I write exclusively fantasy now, so I prefer Celtic music while writing...or anything that helps me escape to the realm that I am writing about.  Occasionally, I include music by Stevie Nicks, Lorena McKennit, Led Zeppelin, Kansas, Rush, Florence and the Machine, Mariah Carey, Enya, and a few others; That is, if the lyrics and/or melody suit the storyline. 

Also, it all depends on what I'm working on at the time.  I have a playlist on Spotify for every series that I'm working on.  A song from Live inspired some of the short stories that I wrote about merfolk, which later evolved into the Corithian Saga WIP.  Therefore, it's included in my playlist for that series.


----------



## JRHolmes (Mar 6, 2014)

Soundtracks, scores and classical are what I prefer as well. And I'll use something like that as the seed for some random music on Spotify or Apple's Radio music.

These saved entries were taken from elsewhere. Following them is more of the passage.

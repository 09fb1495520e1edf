// The ask on whole books: some whose answers are known, books of which no option can have a value of its own, and small books
// at random, where every answer is compared with what a look at every choice of values finds.
#![tactic(auto)]

mod comparing;
mod fixed;
mod random;

use crate::comparing::{Series, Tally, Trials};
use crate::fixed::{budgets, slotted, stores};
use book::{Book, Row};
use made_books::{
    Dice, Plan, Rule, Table, build, larger_plan, pigeons, sample, show_book, small_plan,
};
use std::alloc::{AllocError, Global};
use std::io;

/// Three options of two values, which are all to differ.
fn triangle(rt: &HostRuntime, rows: &mut [Row]) -> io::Result<()> {
    println!(rt; "three options of two values, all different")?;
    let plan = pigeons(rt.alloc(), 3, Rule::Rows(6))?;
    let file = build(rt.alloc(), &plan)?;
    show_book(rt, &file, rows, |book| budgets(rt, book))
}

/// One option, and a table that allows nothing.
fn barred(rt: &HostRuntime, rows: &mut [Row]) -> io::Result<()> {
    println!(rt; "one option, one table without rows")?;
    let mut plan = Plan::new(rt.alloc(), 1, 2);
    plan.add(Table::on(&[0], Rule::Rows(0)))?;
    let file = build(rt.alloc(), &plan)?;
    show_book(rt, &file, rows, |book| stores(rt, book))
}

/// Gate, divider and stand.
fn gates(rt: &HostRuntime, rows: &mut [Row]) -> io::Result<()> {
    println!(rt; "the sample book")?;
    let plan = sample(rt.alloc())?;
    let file = build(rt.alloc(), &plan)?;
    show_book(rt, &file, rows, |book| slotted(rt, book, 100))
}

/// Options with one value fewer than there are options, which are all to differ.
fn crowds(rt: &HostRuntime, rows: &mut [Row]) -> io::Result<()> {
    for n in 4usize..9 {
        let values = n - 1;
        println!(rt; "{n} options of {values} values, all different")?;
        let plan = pigeons(rt.alloc(), n, Rule::Different)?;
        let file = build(rt.alloc(), &plan)?;
        show_book(rt, &file, rows, |book| stores(rt, book))?;
    }
    Ok(())
}

fn total(rt: &HostRuntime, tally: &Tally) -> io::Result<()> {
    let asks = tally.asks;
    let fits = tally.fits;
    let nones = tally.nones;
    let stops = tally.stops;
    let differences = tally.differences;
    println!(rt;
        "  {asks} asks: {fits} fit, {nones} none, {stops} stopped; {differences} differences"
    )?;
    let Trials {
        blank,
        ring,
        slots,
        forgetful,
    } = tally.trials;
    println!(rt; "  trials: blank {blank}, ring {ring}, slots {slots}, forgetful {forgetful}")
}

/// Examines the book of a plan, and tells its seed where something differs.
fn try_plan<'a>(
    rt: &HostRuntime,
    rows: &'a mut [Row],
    seed: usize,
    plan: &Plan,
    dice: &mut Dice,
    tally: &mut Tally,
) -> io::Result<()> {
    let before = tally.differences;
    let file = build(rt.alloc(), plan)?;
    match book::read(&file, rows) {
        Ok(index) => {
            let book = Book::open(&file, rows, index);
            Series { book: &book, plan }.run(dice, tally);
        }
        Err(_) => tally.differ(),
    }
    if tally.differences != before {
        println!(rt; "  DIFFERENT at seed {seed}")?;
    }
    Ok(())
}

/// Books at random, one for each seed.
fn random_books<F: Fn(Global, &mut Dice) -> Result<Plan, AllocError>>(
    rt: &HostRuntime,
    rows: &mut [Row],
    books: usize,
    make: F,
) -> io::Result<()>
    requires { F.IsAlwaysCallable make }
{
    let mut tally = Tally::default();
    for seed in 0..books {
        let mut dice = Dice::new(seed.wrapping_mul(0x9e3779b97f4a7c15));
        let plan = make(rt.alloc(), &mut dice)?;
        try_plan(rt, rows, seed, &plan, &mut dice, &mut tally)?;
    }
    total(rt, &tally)
}

fn main(rt: HostRuntime) -> io::Result<()> {
    let mut rows = vec![in rt.alloc(); [0u8; 4]; 8192]?;
    triangle(&rt, &mut rows)?;
    barred(&rt, &mut rows)?;
    gates(&rt, &mut rows)?;
    crowds(&rt, &mut rows)?;
    println!(rt; "3000 books at random of up to 4 options")?;
    random_books(&rt, &mut rows, 3000, small_plan)?;
    println!(rt; "1000 books at random of 6 options")?;
    random_books(&rt, &mut rows, 1000, larger_plan)
}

What doesn't work for me is anything with lyrics, a chorus used as an instrument is fine, but if I am presented with recognizable words, it just pulls me out of my own writing.


----------



## OEGaudio (Jul 26, 2012)

It looks like I'm in the minority here... I listen to EDM on Spotify while I write. Most of the time the fast beat helps me to write faster, which I suppose is as good a reason as any. I enjoy the music normally and because there's not always a ton of meaningful words, I don't get distracted as easily.


----------



## Amanda M. Lee (Jun 3, 2014)

I actually watch television. I went through old Beverly Hills 90210 seasons last week and I'm doing Party of Five this week. This allows me to pack them as I finish because I won't get around to watching those two series again until after I move.


----------



## Maria Romana (Jun 7, 2010)

Amanda M. Lee said:


> I actually watch television. I went through old Beverly Hills 90210 seasons last week and I'm doing Party of Five this week. This allows me to pack them as I finish because I won't get around to watching those two series again until after I move.


Wow, I can't believe you can watch TV shows while you write. I was going to chime in and say I can't listen to music -- even without vocals -- because it's too distracting. I'm in the silence or white noise group (I have an 8-hour-long oscillating fan MP3 that I adore  ). Anything else just pulls me out of my little fantasy world. You must have incredible concentration, Amanda.


----------



## Guest (Sep 12, 2015)

OEGaudio said:


> It looks like I'm in the minority here... I listen to EDM on Spotify while I write. Most of the time the fast beat helps me to write faster, which I suppose is as good a reason as any. I enjoy the music normally and because there's not always a ton of meaningful words, I don't get distracted as easily.


EDM? Cool. I can work with that for certain things that I write.


----------



## Anarchist (Apr 22, 2015)

Amanda M. Lee said:


> I went through old Beverly Hills 90210 seasons last week...


That would have been a catastrophe for me. I had a crush on Kelly back in the day.


----------



## JRHolmes (Mar 6, 2014)

Maria Romana said:


> Wow, I can't believe you can watch TV shows while you write. I was going to chime in and say I can't listen to music -- even without vocals -- because it's too distracting. I'm in the silence or white noise group (I have an 8-hour-long oscillating fan MP3 that I adore  ). Anything else just pulls me out of my little fantasy world. *You must have incredible concentration, Amanda.*


Well, we are talking about Amanda here. She is very productive; the incredible concentration is a given.


----------



## Amanda M. Lee (Jun 3, 2014)

I think it comes from writing in a newsroom for so long. It was always loud and you learn to tune things out. I got used to the television being so it's just what feels natural to me.


----------



## JRHolmes (Mar 6, 2014)

Amanda M. Lee said:


> I think it comes from writing in a newsroom for so long. It was always loud and you learn to tune things out. I got used to the television being so it's just what feels natural to me.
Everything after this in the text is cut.